What the hell is he talking about?
“When I woke up on the road and you weren’t there . . .” I think he’s going to cry, but he rubs his fist in his eyes instead. “I thought someone had done something to you, something really bad, and I couldn’t stand it, thinking that I could have protected you.”

I want to stop him, I really do, but he’s saying everything I want him to say.
How often does that happen?

“I said I’m okay now,” I say softly.

“Are you sure? Did someone . . . hurt you?”

I know the kind of hurt he means. The kind that rips a girl’s soul out and leaves her empty.

“No,” I say, “nothing like that.”
Something else. Something that will drive you away from me, probably forever.
I suck in a breath and slowly let it out, trying to muster up all the courage I have. “That’s what I want to talk to you about.”

I’m hoping he’ll distract me again, maybe even use the L-word.
But shouldn’t Nick know the danger he’s in, even if it means losing him forever?

I start slowly, telling him almost everything: how a man forced me into his car but I got away, how Isabel protected me and took me into her home, how my real name is not Ines. It’s actually kind of fun telling the story, like I’m writing a script “based on true events” that have nothing to do with me.
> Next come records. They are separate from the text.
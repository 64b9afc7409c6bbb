//! The bytes of a design file: the design that they mean, or what is wrong with them and how that is said.
#![tactic(auto)]

mod no_design;
mod reader;
mod texts;

pub use no_design::NoDesign;
pub use reader::DesignReader;
pub use texts::fault_text;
“But the priest was right, Nick,” I finish, nearly out of breath. “Someone’s trying to kill me.”

“Who?”

“His name was Scars,” I say. “He forced me into his car, and if we hadn’t crashed, I’m sure he would’ve killed me.”

Nick stares at me, the color draining out of his cheeks. He looks like he’s been punched; his mouth hangs open, his wound shining like a branding mark on his rapidly graying face.
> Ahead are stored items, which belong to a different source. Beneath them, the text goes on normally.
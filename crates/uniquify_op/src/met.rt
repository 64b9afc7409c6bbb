//! `Met`: the cells that were met, with their blocks.
ghost use Rattle.std.specs.Prelude.{◌≡◌, ◌++◌, [], ◌∷◌, IfOk, None, Some, cond, length};
ghost use Rattle.std.specs.BTreeMap.{get, is_at};
ghost use Rattle.netlist_schema.specs.Order.{cell_cmp};
ghost use Rattle.netlist_schema.specs.Types.{CellId};

use netlist_schema::{CellId, NoMemory, Row};
use std::alloc::Global;
use std::collections::BTreeMap;
use uniquify_copies::Step;

/// Cells that were met, and the blocks that stand in cells.
#[derive(Drop)]
pub struct Met {
    /// Of each cell that was met, the place of the row of its blocks.
    pub places: BTreeMap<CellId, usize>,
    /// Rows of blocks. The first is the top's, which is never met.
    pub rows: Vec<Row<Step>>,
}

impl Met {
    /// No cell was met yet, and these are the blocks of the top.
    pub fn new(alloc: Global, kids: Row<Step>) -> Result<Met, NoMemory>
        ensures rows { IfOk result (λ met. met.rows.items ≡ kids ∷ []) }
        ensures places { IfOk result (λ met. (id : CellId) → get cell_cmp met.places id ≡ None) }
    {
        let mut rows = Vec::new(alloc);
        rows.push(kids)?;
        Ok(Met {
            places: BTreeMap::new(alloc),
            rows,
        })
    }

    /// The place of the row of a cell's blocks, where the cell was met.
    pub fn place_of(&self, id: CellId) -> Option<usize>
        ensures { result ≡ get cell_cmp self.now.places id }
    {
        self.places.get(&id).copied()
    }

    /// A cell is met, with its blocks: the place of their row.
    pub fn add(&mut self, id: CellId, kids: Row<Step>) -> Result<usize, NoMemory>
        ensures place { IfOk result (λ place. place ≡ length self.old.rows.items) }
        ensures rows { IfOk result (λ _. self.new.rows.items ≡ self.old.rows.items ++ kids ∷ []) }
        ensures places { IfOk result (λ place. (q : CellId) → get cell_cmp self.new.places q ≡ cond (is_at (cell_cmp id) q) (Some place) (get cell_cmp self.old.places q)) }
    {
        let place = self.rows.len();
        self.rows.push(kids)?;
        self.places.insert(id, place)?;
        Ok(place)
    }
}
“Did you know him?” I ask.

“I know . . . of him.” Nick’s forehead is creased with tense wrinkles. He reaches out and rubs his trembling fingers softly across my cheek, traces the curve of my lips with his thumb. “If you’re sure he was trying to kill you,” Nick says, “we need to get you out of here, now.”

“Now? But Scars is dead,” I insist. “I’ll be fine.”
And if Marcos had Mom’s earring, he might know who killed her. I have to find him, and find out the truth.
“I just need to go to—”

“No!” Nick grabs my hand and pulls me to my feet. “We need to get back to the boat now, and get you off this island.”
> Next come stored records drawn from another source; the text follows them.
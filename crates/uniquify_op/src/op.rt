//! Each occurrence of a block gets a cell of its own.
ghost use Rattle.std.specs.Prelude.{◌≡◌, IfOk, MatchResult};
ghost use Rattle.netlist_schema.specs.Valid.{IsValid};
ghost use Rattle.edit_cells.specs.State.{HasReadSome};
ghost use Rattle.uniquify_spec.specs.Blocks.{each_block};
ghost use Rattle.eco_reads.specs.Done.{IsDone, IsDoneOrFails};
ghost use Rattle.uniquify_blocks.specs.Plans.{IsPlanned};

use crate::blocks::draft_blocks;
use edit_cells::Cells;
use edit_spec::{Op, Reply};
use netlist_schema::{CellId, NoMemory};
use std::alloc::Global;
use uniquify_blocks::{SplitPlan, plan_of, put_plan, read_below};

/// The plan for the blocks below a top, or none where a library has no room. It may read.
fn try_plan<C: Cells>(
    alloc: Global,
    cells: &mut C,
    top: CellId,
) -> Result<Option<SplitPlan>, NoMemory>
    requires { IsValid (C.state cells.old).design }
    ensures planned { IfOk result (IsPlanned (C.state cells.old).design (each_block (C.state cells.old).design top)) }
    ensures some { HasReadSome (C.state cells.old) (C.state cells.new) }
{
    let Some(draft) = draft_blocks(alloc, cells, top)? else {
        return Ok(None);
    };
    let plan = plan_of(alloc, cells, top, draft.spots.as_slice())?;
    Ok(Some(plan))
}

/// The same over cells that were read: nothing more is read.
fn plan_blocks<C: Cells>(
    alloc: Global,
    cells: &mut C,
    top: CellId,
) -> Result<Option<SplitPlan>, NoMemory>
    requires { IsValid (C.state cells.old).design }
    ensures planned { IfOk result (IsPlanned (C.state cells.old).design (each_block (C.state cells.old).design top)) }
    ensures reads { MatchResult result (λ _. C.state cells.new ≡ C.state cells.old) (λ _. HasReadSome (C.state cells.old) (C.state cells.new)) }
{
    let mark = cells.mark();
    let planned = try_plan(alloc, cells, top)?;
    cells.back(mark);
    Ok(planned)
}

/// Gives each later occurrence of a block a copy. Where memory is refused, the list of objects read may have gone on.
fn try_uniquify<C: Cells>(alloc: Global, cells: &mut C) -> Result<Reply, NoMemory>
    ensures { IsDoneOrFails result (C.state cells.old) (C.state cells.new) Op.Uniquify }
{
    let Some(top) = cells.top_cell() else {
        return Ok(Reply::NoTop);
    };
    read_below(alloc, cells, top)?;
    let planned = plan_blocks(alloc, cells, top)?;
    put_plan(cells, planned)
}

/// Gives each occurrence of a block below the top a cell of its own: in path order the first of a cell keeps it, and each later
/// one gets a copy. The reply and the design are those of the definition; the objects read grow by what it needs, and the
/// objects written by what it writes, both as sets. A reply that refuses changes nothing but the objects read. The one error is
/// that an allocation was refused; design, objects read and objects written are as before then.
///
/// Each cell below the top is read once. Then it takes time in the occurrences of blocks that it comes to, and in the contents
/// that are copied; it comes to no more of them than there are blocks and places in libraries, and does not call itself.
pub fn uniquify<C: Cells>(alloc: Global, cells: &mut C) -> Result<Reply, NoMemory>
    ensures { MatchResult result (IsDone (C.state cells.old) (C.state cells.new) Op.Uniquify) (λ _. C.state cells.new ≡ C.state cells.old) }
{
    let mark = cells.mark();
    match try_uniquify(alloc, cells) {
        Ok(reply) => Ok(reply),
        Err(refused) => {
            cells.back(mark);
            Err(refused)
        }
    }
}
“I’m okay now, remember? I’m with you.”

“But I can’t take care of you here,” Nick says. He stares at the empty dock, where the last few people are now climbing the steps, leaving us alone. “I’ll get you back to the mainland. You can hide for the night, and tomorrow we’ll go north together.” He pauses, his eyes suddenly narrowing.

“Nick? What is it?” I turn around, hoping to see Isabel hiking toward us, her smile containing questions that need answering. Or Roberto, my beacon of safety, pacing the dock in a cowboy hat, just like Mary promised he would be. But I don’t see Isabel or Roberto on the vacant dock. Instead, there’s a huge man walking toward us, a snake tattoo slithering up his face. Terror pins me to the bench.

How is he still alive?
My throat closes up, and it feels like something’s crushing my windpipe.
Scars couldn’t have lived through that fire.
Wasn’t he stuck behind the wheel when the car exploded?

“He’s coming,” I hiss, forcing the words out of my throat.
If we leave now, we can try to outrun him.
But before we can move, Scars is looming above us, his burned face a nest of squirming snakes.